[MATERIAL PROVIDED — start]

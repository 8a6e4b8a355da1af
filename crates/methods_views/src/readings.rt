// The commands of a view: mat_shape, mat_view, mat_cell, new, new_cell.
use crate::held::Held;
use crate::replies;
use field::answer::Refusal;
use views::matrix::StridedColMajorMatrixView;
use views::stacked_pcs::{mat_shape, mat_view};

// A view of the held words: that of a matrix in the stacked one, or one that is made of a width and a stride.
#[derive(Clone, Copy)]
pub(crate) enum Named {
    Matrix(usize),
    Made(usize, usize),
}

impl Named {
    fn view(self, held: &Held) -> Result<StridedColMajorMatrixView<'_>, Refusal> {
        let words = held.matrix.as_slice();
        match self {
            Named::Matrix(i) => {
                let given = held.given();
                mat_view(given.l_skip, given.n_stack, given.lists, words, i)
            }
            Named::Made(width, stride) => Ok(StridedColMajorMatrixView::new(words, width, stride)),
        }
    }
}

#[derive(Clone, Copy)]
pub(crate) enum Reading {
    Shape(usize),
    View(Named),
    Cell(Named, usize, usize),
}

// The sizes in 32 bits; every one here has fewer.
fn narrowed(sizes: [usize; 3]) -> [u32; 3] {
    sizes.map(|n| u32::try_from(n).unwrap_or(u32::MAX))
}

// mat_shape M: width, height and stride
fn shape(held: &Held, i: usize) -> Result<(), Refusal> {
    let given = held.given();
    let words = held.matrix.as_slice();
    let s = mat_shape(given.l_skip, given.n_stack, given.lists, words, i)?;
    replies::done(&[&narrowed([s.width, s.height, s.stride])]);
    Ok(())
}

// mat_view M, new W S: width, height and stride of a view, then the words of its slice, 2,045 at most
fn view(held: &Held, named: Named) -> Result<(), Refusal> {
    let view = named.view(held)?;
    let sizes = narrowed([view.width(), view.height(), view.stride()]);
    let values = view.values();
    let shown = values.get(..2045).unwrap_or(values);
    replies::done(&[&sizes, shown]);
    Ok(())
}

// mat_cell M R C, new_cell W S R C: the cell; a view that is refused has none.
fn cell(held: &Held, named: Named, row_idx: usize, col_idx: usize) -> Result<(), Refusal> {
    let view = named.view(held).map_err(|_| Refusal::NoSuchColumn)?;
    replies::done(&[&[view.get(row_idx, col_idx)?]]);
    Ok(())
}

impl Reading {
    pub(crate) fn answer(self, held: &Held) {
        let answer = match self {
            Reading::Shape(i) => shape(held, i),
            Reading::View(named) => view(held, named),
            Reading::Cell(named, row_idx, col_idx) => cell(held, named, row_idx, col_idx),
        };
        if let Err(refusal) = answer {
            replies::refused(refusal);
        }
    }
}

[MATERIAL PROVIDED — finish]
[MATERIAL PROVIDED — start]

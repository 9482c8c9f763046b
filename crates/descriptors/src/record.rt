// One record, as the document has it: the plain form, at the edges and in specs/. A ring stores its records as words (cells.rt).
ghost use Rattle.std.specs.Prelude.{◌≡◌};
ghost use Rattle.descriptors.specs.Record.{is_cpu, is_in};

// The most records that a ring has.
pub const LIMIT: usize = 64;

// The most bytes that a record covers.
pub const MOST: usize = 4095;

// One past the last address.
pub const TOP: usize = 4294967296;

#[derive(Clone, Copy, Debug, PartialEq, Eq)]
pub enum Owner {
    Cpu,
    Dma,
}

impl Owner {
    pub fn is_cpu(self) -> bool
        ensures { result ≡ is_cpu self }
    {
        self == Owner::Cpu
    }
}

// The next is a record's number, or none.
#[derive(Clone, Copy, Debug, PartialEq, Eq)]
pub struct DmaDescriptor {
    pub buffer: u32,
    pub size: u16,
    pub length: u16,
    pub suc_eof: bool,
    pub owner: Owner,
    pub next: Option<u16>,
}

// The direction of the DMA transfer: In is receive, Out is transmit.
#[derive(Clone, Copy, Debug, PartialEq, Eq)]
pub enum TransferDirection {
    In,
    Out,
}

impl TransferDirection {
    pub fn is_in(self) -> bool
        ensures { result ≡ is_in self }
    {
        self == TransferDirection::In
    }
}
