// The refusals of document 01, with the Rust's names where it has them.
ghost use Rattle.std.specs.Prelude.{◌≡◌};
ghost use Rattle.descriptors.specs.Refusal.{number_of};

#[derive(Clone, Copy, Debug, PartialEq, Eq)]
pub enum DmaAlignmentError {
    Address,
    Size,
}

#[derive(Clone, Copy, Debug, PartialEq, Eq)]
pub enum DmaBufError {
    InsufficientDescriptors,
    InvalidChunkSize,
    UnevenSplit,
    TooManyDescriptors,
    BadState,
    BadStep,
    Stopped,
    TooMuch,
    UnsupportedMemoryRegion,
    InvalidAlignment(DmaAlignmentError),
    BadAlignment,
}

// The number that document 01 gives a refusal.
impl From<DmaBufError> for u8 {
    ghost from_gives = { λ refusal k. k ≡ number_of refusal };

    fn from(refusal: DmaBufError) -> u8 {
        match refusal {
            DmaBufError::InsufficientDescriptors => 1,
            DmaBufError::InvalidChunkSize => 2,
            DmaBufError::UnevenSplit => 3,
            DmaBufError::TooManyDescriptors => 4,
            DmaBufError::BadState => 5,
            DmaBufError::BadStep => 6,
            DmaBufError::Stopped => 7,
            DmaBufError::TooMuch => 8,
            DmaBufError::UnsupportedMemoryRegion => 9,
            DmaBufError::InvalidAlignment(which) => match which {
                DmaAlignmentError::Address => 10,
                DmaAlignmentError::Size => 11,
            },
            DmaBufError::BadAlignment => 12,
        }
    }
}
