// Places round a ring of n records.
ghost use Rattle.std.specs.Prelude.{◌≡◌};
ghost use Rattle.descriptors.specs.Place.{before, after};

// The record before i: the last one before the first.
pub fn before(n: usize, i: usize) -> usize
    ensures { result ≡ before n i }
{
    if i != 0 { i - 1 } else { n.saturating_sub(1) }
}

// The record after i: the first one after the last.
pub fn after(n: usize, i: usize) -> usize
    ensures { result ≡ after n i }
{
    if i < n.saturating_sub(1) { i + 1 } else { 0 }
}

[MATERIAL PROVIDED — finish]

## WORK ORDER
Please, from the material above, copy only the lines from the line with "repository 8a6e4b8a355da1af" up to and including the line with "use field::answer::Refusal;", exactly as written.

## REPLY TO THE TASK
repository 8a6e4b8a355da1af
filename crates/methods_views/src/readings.rt
// The commands of a view: mat_shape, mat_view, mat_cell, new, new_cell.
use crate::held::Held;
use crate::replies;
use field::answer::Refusal;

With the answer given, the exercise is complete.